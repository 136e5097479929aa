//! Which casts admission may be asked about.

ghost use Rattle.std.specs.Prelude.{◌≡◌, ◌<◌, ◌↔◌, ◌^◌, ℕ, true, length, All};
ghost use Rattle.mmt_admit.specs.Faults.{CopyFits, IsReadable, MpuFits, PacketsFit, TickFits, UnitFits};
ghost use Rattle.mmt_model.specs.Carrying.{sent_mpu, sent_unit, table_copy};

use crate::reads::{copy_first, copy_last, copy_names, mpu_at, unit_at};
use mmt_base::LongTick;
use mmt_model::{Cast, Sent};

// The ticks of a cast are below this one: 2^60.
const END: u64 = 1_152_921_504_606_846_976;

// Whether the packets are few, and their timestamps in range.
fn packets_fit(packets: &[Sent]) -> bool
    ensures { (result ≡ true) ↔ PacketsFit packets.now }
{
    if packets.len() > 16_777_216 {
        return false;
    }
    for n in 0..packets.len() {
        if packets[n].at.0 >= END {
            return false;
        }
    }
    true
}

// Whether the ticks of all units are in range.
fn units_fit(cast: &Cast) -> bool
    ensures { (result ≡ true) ↔ ((u : ℕ) → u < length cast.now.units → UnitFits (sent_unit cast.now u)) }
{
    for u in 0..cast.units.len() {
        let unit = unit_at(cast, u);
        if unit.first.0 >= END || unit.last.0 >= END || unit.due.0 >= END {
            return false;
        }
    }
    true
}

// Whether a tick that may be there is in range.
fn tick_fits(tick: Option<LongTick>) -> bool
    ensures { (result ≡ true) ↔ TickFits tick }
{
    match tick {
        Some(tick) => tick.0 < END,
        None => true,
    }
}

// Whether the ticks of all MPUs are in range.
fn mpus_fit(cast: &Cast) -> bool
    ensures { (result ≡ true) ↔ ((m : ℕ) → m < length cast.now.mpus → MpuFits (sent_mpu cast.now m)) }
{
    for m in 0..cast.mpus.len() {
        let mpu = mpu_at(cast, m);
        if mpu.least.0 >= END || mpu.last.0 >= END || !tick_fits(mpu.named_from) {
            return false;
        }
    }
    true
}

// Whether all places are below this number.
fn places_fit(places: &[u32], end: usize) -> bool
    ensures { (result ≡ true) ↔ All (λ m. m < end) places.now }
{
    for i in 0..places.len() {
        if places[i] as usize >= end {
            return false;
        }
    }
    true
}

// Whether the ticks of all table copies, and the places that they name, are in range.
fn copies_fit(cast: &Cast) -> bool
    ensures { (result ≡ true) ↔ ((c : ℕ) → c < length cast.now.copies → CopyFits (length cast.now.mpus) (table_copy cast.now c)) }
{
    let mpus = cast.mpus.len();
    for c in 0..cast.copies.len() {
        if copy_first(cast, c) >= END
            || copy_last(cast, c) >= END
            || !places_fit(copy_names(cast, c), mpus)
        {
            return false;
        }
    }
    true
}

// Whether there are fewer than 2^32 units, MPUs and table copies each.
fn lists_fit(cast: &Cast) -> bool
    ensures { (result ≡ true) ↔ ((length cast.now.units < 2 ^ 32) × (length cast.now.mpus < 2 ^ 32) × (length cast.now.copies < 2 ^ 32)) }
{
    let end = 4_294_967_296;
    cast.units.len() < end && cast.mpus.len() < end && cast.copies.len() < end
}

/// Whether `admit` may be asked about a cast: at most 16,777,216 packets, fewer than 2^32 units, MPUs and
/// table copies each, ticks below 2^60, and each place that a copy names that of an MPU of the cast. The
/// cast of a right programme is such a one. It takes no memory.
pub fn is_readable(cast: &Cast) -> bool
    ensures { (result ≡ true) ↔ IsReadable cast.now }
{
    packets_fit(cast.packets.as_slice())
        && lists_fit(cast)
        && units_fit(cast)
        && mpus_fit(cast)
        && copies_fit(cast)
}
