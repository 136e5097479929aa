//! Writing the descriptors of an asset.

ghost use Rattle.std.specs.Prelude.{◌≡◌, ◌+◌, ◌*◌, ◌<◌, ◌≤◌, ◌++◌, length, map, take, drop, vec_len, vec_capacity};
ghost use Rattle.std.specs.List.{flat_map};
ghost use Rattle.mmt_cast.specs.SentTables.{extended_of_mpu};
ghost use Rattle.mmt_cast.specs.Tables.{descriptors_length, extended_length};
ghost use Rattle.mmt_mpt.specs.Descriptor.{descriptor_bytes};
ghost use Rattle.mmt_signals.specs.Named.{HasAll, FitsIn, all_stamps, named, named_mpu as mpu_of};

use crate::descriptors::{named_mpu, put_extended, put_stamps};
use mmt_model::Asset;

/// How many MPUs a timestamp descriptor has at most.
const MOST: usize = 21;

/// The names in the timestamp descriptor at a place.
fn names_at(names: &[(u32, u32)], place: usize) -> &[(u32, u32)]
    requires { place * 21 ≤ length names.now }
    ensures names { result.now ≡ take 21 (drop (place * 21) names.now) }
    ensures few { length result.now ≤ 21 }
{
    let (_, rest) = names.split_at(place * MOST);
    let (some, _) = rest.split_at(rest.len().min(MOST));
    some
}

/// Appends the timestamp descriptors of the MPUs that are named.
#[tactic(auto, using(crate::proofs::Bytes::stamps_left))]
pub(crate) fn put_all_stamps(out: &mut Vec<u8>, asset: &Asset, names: &[(u32, u32)])
    requires known { HasAll asset.now names.now }
    requires room { vec_len out.old + length (flat_map descriptor_bytes (all_stamps (named asset.now names.now))) ≤ vec_capacity out.old }
    ensures items { out.new.items ≡ out.old.items ++ flat_map descriptor_bytes (all_stamps (named asset.now names.now)) }
    ensures len { vec_len out.new ≡ vec_len out.old + length (flat_map descriptor_bytes (all_stamps (named asset.now names.now))) }
    ensures capacity { vec_capacity out.old ≤ vec_capacity out.new }
{
    for place in 0..names.len().div_ceil(MOST) {
        put_stamps(out, asset, names_at(names, place));
    }
}

/// Appends the extended descriptor of an MPU where it has access units.
#[tactic(auto, using(crate::proofs::Bytes::extended_some, crate::proofs::Bytes::extended_none))]
fn put_extended_of(out: &mut Vec<u8>, asset: &Asset, name: (u32, u32))
    requires known { name.1 < length asset.now.mpus }
    requires fits { FitsIn asset.now }
    requires room { vec_len out.old + length (flat_map descriptor_bytes (extended_of_mpu (mpu_of asset.now name))) ≤ vec_capacity out.old }
    ensures items { out.new.items ≡ out.old.items ++ flat_map descriptor_bytes (extended_of_mpu (mpu_of asset.now name)) }
    ensures len { vec_len out.new ≡ vec_len out.old + length (flat_map descriptor_bytes (extended_of_mpu (mpu_of asset.now name))) }
    ensures capacity { vec_capacity out.old ≤ vec_capacity out.new }
{
    let mpu = named_mpu(asset, name);
    if mpu.aus.len() > 0 {
        put_extended(out, asset.timescale, mpu);
    }
}

/// Appends the extended descriptors of the MPUs that are named.
pub(crate) fn put_all_extended(out: &mut Vec<u8>, asset: &Asset, names: &[(u32, u32)])
    requires known { HasAll asset.now names.now }
    requires fits { FitsIn asset.now }
    requires room { vec_len out.old + length (flat_map descriptor_bytes (flat_map extended_of_mpu (named asset.now names.now)))
        ≤ vec_capacity out.old }
    ensures items { out.new.items ≡ out.old.items ++ flat_map descriptor_bytes (flat_map extended_of_mpu (named asset.now names.now)) }
    ensures len { vec_len out.new ≡ vec_len out.old
        + length (flat_map descriptor_bytes (flat_map extended_of_mpu (named asset.now names.now))) }
    ensures capacity { vec_capacity out.old ≤ vec_capacity out.new }
{
    for name in names {
        put_extended_of(out, asset, *name);
    }
}

/// How many bytes the extended descriptor of an MPU takes; none where it has no access units.
#[tactic(auto, using(crate::proofs::Bytes::extended_size_some, crate::proofs::Bytes::extended_size_none))]
fn extended_size(asset: &Asset, name: (u32, u32)) -> usize
    requires known { name.1 < length asset.now.mpus }
    requires fits { FitsIn asset.now }
    ensures { result ≡ extended_length (mpu_of asset.now name) }
{
    let mpu = named_mpu(asset, name);
    if mpu.aus.len() > 0 {
        16 + 4 * mpu.aus.len()
    } else {
        0
    }
}

/// How many bytes the descriptors of an asset take in which these MPUs are named.
pub(crate) fn descriptors_size(asset: &Asset, names: &[(u32, u32)]) -> usize
    requires known { HasAll asset.now names.now }
    requires fits { FitsIn asset.now }
    requires short { descriptors_length (named asset.now names.now) ≤ 65535 }
    ensures { result ≡ descriptors_length (named asset.now names.now) }
{
    let mut size = 3 * names.len().div_ceil(MOST) + 12 * names.len();
    for name in names {
        size += extended_size(asset, *name);
    }
    size
}
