//! Admission of a cast.

ghost use Rattle.std.specs.Prelude.{◌≡◌, Some, None, IfErr, IfOk, OnOk};
ghost use Rattle.mmt_admit.specs.Faults.{as_fault, fault_value, IsReadable};
ghost use Rattle.mmt_model.specs.Admission.{fault};

use crate::answers::NotAdmitted;
use crate::copies::first_copy;
use crate::live::first_live;
use crate::loads::first_load;
use crate::numbers::packet_faults;
use crate::params::params_fault;
use crate::starts::{first_mpu, start_fault};
use crate::units::unit_faults;
use mmt_model::Cast;
use std::marker::Model;

/// A cast without a fault, which it lends. Contracts see it as that cast.
#[derive(Debug, Drop)]
pub struct Admitted<'a> {
    cast: &'a Cast,
}

impl<'a> Model for Admitted<'a> {
    ghost use Rattle.std.specs.Prelude.{◌≡◌, None};
    ghost use Rattle.mmt_model.specs.Admission.{fault};
    ghost use Rattle.mmt_model.specs.declared.casts.Cast.{Cast};

    ghost Value = { Cast };

    ghost view = { λ a. a.cast.now };

    ghost invariant = { λ a. fault a.cast.now ≡ None };
}

impl<'a> Admitted<'a> {
    ghost use Rattle.std.specs.Prelude.{◌≡◌, None};
    ghost use Rattle.mmt_model.specs.Admission.{fault};

    /// The cast.
    pub fn cast(&self) -> &'a Cast
        ensures same { result.now ≡ self.now }
        ensures admitted { fault result.now ≡ None }
    {
        self.cast
    }
}

/// The first fault of a cast.
fn first_fault(cast: &Cast) -> Option<NotAdmitted>
    requires { IsReadable cast.now }
    ensures { as_fault result ≡ fault cast.now }
{
    let packets = cast.packets.as_slice();
    let params = params_fault(&cast.params);
    if params.is_some() {
        return params;
    }
    let of_packets = packet_faults(packets);
    if of_packets.gap.is_some() {
        return of_packets.gap;
    }
    if of_packets.number.is_some() {
        return of_packets.number;
    }
    let of_units = unit_faults(cast);
    if of_units.due.is_some() {
        return of_units.due;
    }
    let copy = first_copy(cast);
    if copy.is_some() {
        return copy;
    }
    let load = first_load(cast);
    if load.is_some() {
        return load;
    }
    let live = first_live(cast);
    if live.is_some() {
        return live;
    }
    if of_units.key.is_some() {
        return of_units.key;
    }
    let start = start_fault(packets);
    if start.is_some() {
        return start;
    }
    first_mpu(cast)
}

/// Admits a cast, or tells its first fault. It goes over the packets, units and MPUs a fixed number of
/// times, and for each table copy over the MPUs that it names. In a cast of more than 1,024 MPUs it counts
/// once for a stretch of ticks those that are named by its end and last beyond its start. Where they are
/// too many, it counts those at the table copy alone, so twice for a table copy at most. It takes no memory.
///
/// # Errors
///
/// The first fault, exactly where there is one.
pub fn admit(cast: &Cast) -> Result<Admitted<'_>, NotAdmitted>
    requires { IsReadable cast.now }
    ensures admitted { IfOk result (λ a. a ≡ cast.now) }
    ensures none { OnOk result (fault cast.now ≡ None) }
    ensures refused { IfErr result (λ e. fault cast.now ≡ Some (fault_value e)) }
{
    match first_fault(cast) {
        Some(found) => Err(found),
        None => Ok(Admitted { cast }),
    }
}
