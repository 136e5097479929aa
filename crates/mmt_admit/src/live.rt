//! Too many live MPUs at the end of a table copy (rule A7).

ghost use Rattle.std.specs.Prelude.{◌≡◌, ◌<◌, ◌^◌, ◌&&◌, nat_lt, length, IfOk, IfErr, None, Some};
ghost use Rattle.mmt_admit.specs.Calm.{IsCalm, live_between};
ghost use Rattle.mmt_admit.specs.Faults.{as_fault, fault_value, IsReadable};
ghost use Rattle.mmt_model.specs.Admission.{fault_of_live, first_below, is_named_by};

use crate::answers::{NotAdmitted, Rule, unless};
use crate::reads::{copy_last, mpu_at, widened};
use mmt_base::LongTick;
use mmt_model::{Cast, SentMpu};

// The first step of a stretch of ticks: a second.
const STEP: u64 = 65_536;

/// Ticks from `low` to `high`, at none of which too many MPUs are live, and how far the next such
/// stretch is tried to go.
#[derive(Clone, Copy, Debug, PartialEq, Eq)]
pub(crate) struct Calm {
    pub low: u64,
    pub high: u64,
    pub step: u64,
}

/// Whether an MPU is named at a tick or before it.
fn is_named(tick: u64, from: Option<LongTick>) -> bool
    ensures { result ≡ is_named_by tick from }
{
    match from {
        Some(from) => from.0 <= tick,
        None => false,
    }
}

/// Whether an MPU is named at a tick or before it and has a last due tick after an earlier one.
fn is_live(mpu: &SentMpu, low: u64, high: u64) -> bool
    ensures { result ≡ (is_named_by high mpu.now.named_from && nat_lt low mpu.now.last.0) }
{
    is_named(high, mpu.named_from) && low < mpu.last.0
}

/// How many MPUs are named at a tick or before it and have a last due tick after an earlier one.
fn living(cast: &Cast, low: u64, high: u64) -> u32
    requires { length cast.now.mpus < 2 ^ 32 }
    ensures { result ≡ live_between cast.now.mpus low high }
{
    let mut count = 0u32;
    for m in 0..cast.mpus.len() {
        let mpu = mpu_at(cast, m);
        if is_live(&mpu, low, high) {
            count += 1;
        }
    }
    count
}

/// The fault of a table copy at whose end too many MPUs are live.
#[tactic(auto, unfolding(mmt_model::specs::Admission::fault_of_live, mmt_model::specs::Admission::live_at, crate::specs::Calm::live_between))]
fn live_fault(cast: &Cast, c: usize) -> Option<NotAdmitted>
    requires readable { IsReadable cast.now }
    requires copy { c < length cast.now.copies }
    ensures { as_fault result ≡ fault_of_live cast.now c }
{
    let tick = copy_last(cast, c);
    let count = widened(living(cast, tick, tick));
    unless(count <= 1024, Rule::A7, c as u32, count, 1024)
}

/// A stretch with the end of a table copy, or the copy's fault. The MPUs are counted once for a longer
/// stretch than that before, and only where too many could be live in it for the copy alone.
fn calm_at(cast: &Cast, c: usize, calm: Calm) -> Result<Calm, NotAdmitted>
    requires readable { IsReadable cast.now }
    requires copy { c < length cast.now.copies }
    requires calm { IsCalm cast.now.mpus calm }
    ensures calm { IfOk result (IsCalm cast.now.mpus) }
    ensures none { IfOk result (λ _. fault_of_live cast.now c ≡ None) }
    ensures fault { IfErr result (λ e. Some (fault_value e) ≡ fault_of_live cast.now c) }
{
    let tick = copy_last(cast, c);
    if calm.low <= tick && tick <= calm.high {
        return Ok(calm);
    }
    let high = tick.saturating_add(calm.step);
    if living(cast, tick, high) <= 1024 {
        let step = calm.step.saturating_mul(2);
        return Ok(Calm {
            low: tick,
            high,
            step,
        });
    }
    match live_fault(cast, c) {
        Some(found) => Err(found),
        None => Ok(Calm {
            low: tick,
            high: tick,
            step: (calm.step / 2).max(1),
        }),
    }
}

/// The first table copy at whose end too many MPUs are live. Where a cast has no more than 1,024 MPUs
/// nothing is counted.
pub(crate) fn first_live(cast: &Cast) -> Option<NotAdmitted>
    requires { IsReadable cast.now }
    ensures { as_fault result ≡ first_below (fault_of_live cast.now) (length cast.now.copies) }
{
    if cast.mpus.len() <= 1024 {
        return None;
    }
    // No tick.
    let mut calm = Calm {
        low: 1,
        high: 0,
        step: STEP,
    };
    for c in 0..cast.copies.len() {
        match calm_at(cast, c, calm) {
            Ok(next) => calm = next,
            Err(found) => return Some(found),
        }
    }
    None
}
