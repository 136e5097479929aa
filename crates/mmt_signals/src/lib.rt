//! The bytes of the signalling messages that are sent of a programme: buffer messages, and PA messages with one
//! MMT Package Table each.
#![tactic(auto)]

mod assets;
mod descriptors;
mod messages;
mod named;

pub use messages::put_message;

#[cfg(test)]
mod tests;
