//! Values of the buffer message out of their ranges (rule A1).

ghost use Rattle.std.specs.Prelude.{◌≡◌};
ghost use Rattle.mmt_admit.specs.Faults.{as_fault};
ghost use Rattle.mmt_model.specs.Admission.{fault_of_params};

use crate::answers::{NotAdmitted, Rule, earlier, unless};
use mmt_model::Params;

/// The first fault of a buffer message's values.
#[tactic(auto, unfolding(mmt_model::specs::Admission::fault_of_params))]
pub(crate) fn params_fault(params: &Params) -> Option<NotAdmitted>
    ensures { as_fault result ≡ fault_of_params params.now }
{
    let delay = params.delay as u64;
    let window = params.window as u64;
    let bound = params.bound as u64;
    let little = unless(bound <= 1_073_741_824, Rule::A1, 4, bound, 1_073_741_824);
    let some = earlier(unless(1 <= bound, Rule::A1, 3, bound, 1), little);
    let short = earlier(
        unless(window <= 16_777_216, Rule::A1, 2, window, 16_777_216),
        some,
    );
    let wide = earlier(
        unless(delay < window, Rule::A1, 1, window, delay + 1),
        short,
    );
    earlier(unless(1 <= delay, Rule::A1, 0, delay, 1), wide)
}
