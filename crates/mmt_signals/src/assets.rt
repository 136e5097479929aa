//! Writing the assets of a table.

ghost use Rattle.std.specs.Prelude.{◌≡◌, ◌+◌, ◌*◌, ◌<◌, ◌≤◌, ◌++◌, List, [], ◌∷◌, length, map, take, drop, vec_len, vec_capacity};
ghost use Rattle.std.specs.List.{All, AllByRecursion, flat_map, prefix_len, sum_by};
ghost use Rattle.mmt_cast.specs.Placing.{map_from};
ghost use Rattle.mmt_cast.specs.SentTables.{sent_asset};
ghost use Rattle.mmt_cast.specs.Tables.{asset_length, descriptors_length};
ghost use Rattle.mmt_model.specs.Right.{AreRising, IsKnown};
ghost use Rattle.mmt_mpt.specs.Asset.{asset_bytes, head_bytes};
ghost use Rattle.mmt_mpt.specs.Location.{IsHere, location_bytes};
ghost use Rattle.mmt_signals.specs.Named.{FitsIn, HasAll, is_of, listed_asset, named, start_bytes};

use crate::named::{descriptors_size, put_all_extended, put_all_stamps};
use mmt_fields::{put_bytes, put_u8, put_u16, put_u32};
use mmt_model::Asset;

/// How many of the first names are those of MPUs of an asset.
fn run_length(names: &[(u32, u32)], asset: u32) -> usize
    ensures value { result ≡ prefix_len (is_of asset) names.now }
    ensures most { result ≤ length names.now }
{
    let mut count = 0;
    for name in names {
        if name.0 != asset {
            return count;
        }
        count += 1;
    }
    count
}

/// Appends what stands before an asset's descriptors: how it is identified, its id, its type, reserved bits 1,
/// no clock relation, and one location with its packet id in the same flow (ARIB STD-B60, MMT Package Table).
#[tactic(auto, using(std::proofs::Common::append_assoc), unfolding(mmt_mpt::specs::Asset::head_bytes, mmt_mpt::specs::Location::location_bytes))]
fn put_head(out: &mut Vec<u8>, asset: &Asset)
    requires id { length asset.now.id ≤ 255 }
    requires room { vec_len out.old + 15 + length asset.now.id ≤ vec_capacity out.old }
    ensures items { out.new.items ≡ out.old.items ++ start_bytes asset.now }
    ensures len { vec_len out.new ≡ vec_len out.old + 15 + length asset.now.id }
    ensures capacity { vec_capacity out.old ≤ vec_capacity out.new }
{
    put_u8(out, 0);
    put_u32(out, 0);
    put_u8(out, asset.id.len() as u8);
    put_bytes(out, asset.id.as_slice());
    put_u32(out, asset.kind);
    put_u8(out, 0b1111_1110);
    put_u8(out, 1);
    put_u8(out, 0);
    put_u16(out, asset.packet_id);
}

/// Appends an asset in which these MPUs are named.
#[tactic(auto, using(std::proofs::Common::append_assoc, crate::proofs::Bytes::asset_are, crate::proofs::Bytes::asset_size_is, crate::proofs::Bytes::descriptors_parts))]
fn put_asset(out: &mut Vec<u8>, asset: &Asset, names: &[(u32, u32)])
    requires known { HasAll asset.now names.now }
    requires fits { FitsIn asset.now }
    requires short { descriptors_length (named asset.now names.now) ≤ 65535 }
    requires room { vec_len out.old + length (asset_bytes (listed_asset asset.now (named asset.now names.now))) ≤ vec_capacity out.old }
    ensures items { out.new.items ≡ out.old.items ++ asset_bytes (listed_asset asset.now (named asset.now names.now)) }
    ensures len { vec_len out.new ≡ vec_len out.old + length (asset_bytes (listed_asset asset.now (named asset.now names.now))) }
    ensures capacity { vec_capacity out.old ≤ vec_capacity out.new }
{
    put_head(out, asset);
    put_u16(out, descriptors_size(asset, names) as u16);
    put_all_stamps(out, asset, names);
    put_all_extended(out, asset, names);
}

/// How many bytes assets take in a table with these names.
pub(crate) fn assets_size(assets: &[Asset], names: &[(u32, u32)]) -> usize
    requires few { length assets.now ≤ 255 }
    requires each { All FitsIn assets.now }
    requires known { AllByRecursion (IsKnown assets.now) names.now }
    requires rising { AreRising names.now }
    requires short { sum_by (λ n. n) (map_from (asset_length names.now) 0 assets.now) ≤ 65535 }
    ensures { result ≡ sum_by (λ n. n) (map_from (asset_length names.now) 0 assets.now) }
{
    let mut size = 0;
    let mut rest = names;
    for place in 0..assets.len() {
        let asset = &assets[place];
        let (run, later) = rest.split_at(run_length(rest, place as u32));
        size += 17 + asset.id.len() + descriptors_size(asset, run);
        rest = later;
    }
    size
}

/// Appends the assets of a table with these names, where there is room for them.
pub(crate) fn put_assets(out: &mut Vec<u8>, assets: &[Asset], names: &[(u32, u32)])
    requires few { length assets.now ≤ 255 }
    requires each { All FitsIn assets.now }
    requires known { AllByRecursion (IsKnown assets.now) names.now }
    requires rising { AreRising names.now }
    requires short { sum_by (λ n. n) (map_from (asset_length names.now) 0 assets.now) ≤ 65535 }
    requires room { vec_len out.old + length (flat_map asset_bytes (map_from (sent_asset names.now) 0 assets.now))
        ≤ vec_capacity out.old }
    ensures { out.new.items ≡ out.old.items ++ flat_map asset_bytes (map_from (sent_asset names.now) 0 assets.now) }
{
    let mut rest = names;
    for place in 0..assets.len() {
        let (run, later) = rest.split_at(run_length(rest, place as u32));
        put_asset(out, &assets[place], run);
        rest = later;
    }
}
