//! A cast that does not begin with a buffer message (rule A9), and MPUs that no table copy names in time
//! (rule A10).

ghost use Rattle.std.specs.Prelude.{◌≡◌, ◌<◌, ◌≤◌, length};
ghost use Rattle.mmt_admit.specs.Faults.{as_fault, IsReadable, TickFits};
ghost use Rattle.mmt_model.specs.Admission.{fault_of_mpu, fault_of_naming, fault_of_start, first_below, first_parameters, has_parameters};

use crate::answers::{NotAdmitted, Rule, unless};
use crate::reads::mpu_at;
use mmt_base::LongTick;
use mmt_model::{Carries, Cast, Sent};

/// Whether a packet carries a buffer message.
fn is_parameters(carries: &Carries) -> bool
    ensures { result ≡ has_parameters carries.now }
{
    match *carries {
        Carries::Parameters { .. } => true,
        Carries::Whole { .. } => false,
        Carries::Fragment { .. } => false,
        Carries::Group { .. } => false,
        Carries::Table { .. } => false,
        Carries::TablePart { .. } => false,
    }
}

/// The place of the first packet with a buffer message, or the number of packets.
fn first_of(packets: &[Sent]) -> usize
    ensures { result ≡ first_parameters packets.now }
{
    for n in 0..packets.len() {
        if is_parameters(&packets[n].carries) {
            return n;
        }
    }
    packets.len()
}

/// The fault of a cast that does not begin with a buffer message.
#[tactic(auto, unfolding(mmt_model::specs::Admission::fault_of_start))]
pub(crate) fn start_fault(packets: &[Sent]) -> Option<NotAdmitted>
    ensures { as_fault result ≡ fault_of_start packets.now }
{
    let first = first_of(packets);
    unless(
        0 < packets.len() && first == 0,
        Rule::A9,
        0,
        first as u64,
        0,
    )
}

/// The fault of an MPU by the tick from which it is named.
fn naming_fault(delay: u32, m: u32, least: u64, from: Option<LongTick>) -> Option<NotAdmitted>
    requires { TickFits from }
    ensures { as_fault result ≡ fault_of_naming delay m least from }
{
    match from {
        Some(from) => {
            let named = from.0 + delay as u64;
            unless(named < least, Rule::A10, m, named, least.saturating_sub(1))
        }
        None => unless(false, Rule::A10, m, 0, 1),
    }
}

/// The first MPU that no copy names in time.
pub(crate) fn first_mpu(cast: &Cast) -> Option<NotAdmitted>
    requires { IsReadable cast.now }
    ensures { as_fault result ≡ first_below (fault_of_mpu cast.now) (length cast.now.mpus) }
{
    for m in 0..cast.mpus.len() {
        let mpu = mpu_at(cast, m);
        let found = naming_fault(cast.params.delay, m as u32, mpu.least.0, mpu.named_from);
        if found.is_some() {
            return found;
        }
    }
    None
}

^^^^

Goal of the exercise = Copy out, word for word, the part of the entries above that begins at the line with "most. It takes no memory." and ends at the line with "OnOk result (fault", including both.

Exercise answer =
/// too many, it counts those at the table copy alone, so twice for a table copy at most. It takes no memory.
///
/// # Errors
///
/// The first fault, exactly where there is one.
pub fn admit(cast: &Cast) -> Result<Admitted<'_>, NotAdmitted>
    requires { IsReadable cast.now }
    ensures admitted { IfOk result (λ a. a ≡ cast.now) }
    ensures none { OnOk result (fault cast.now ≡ None) }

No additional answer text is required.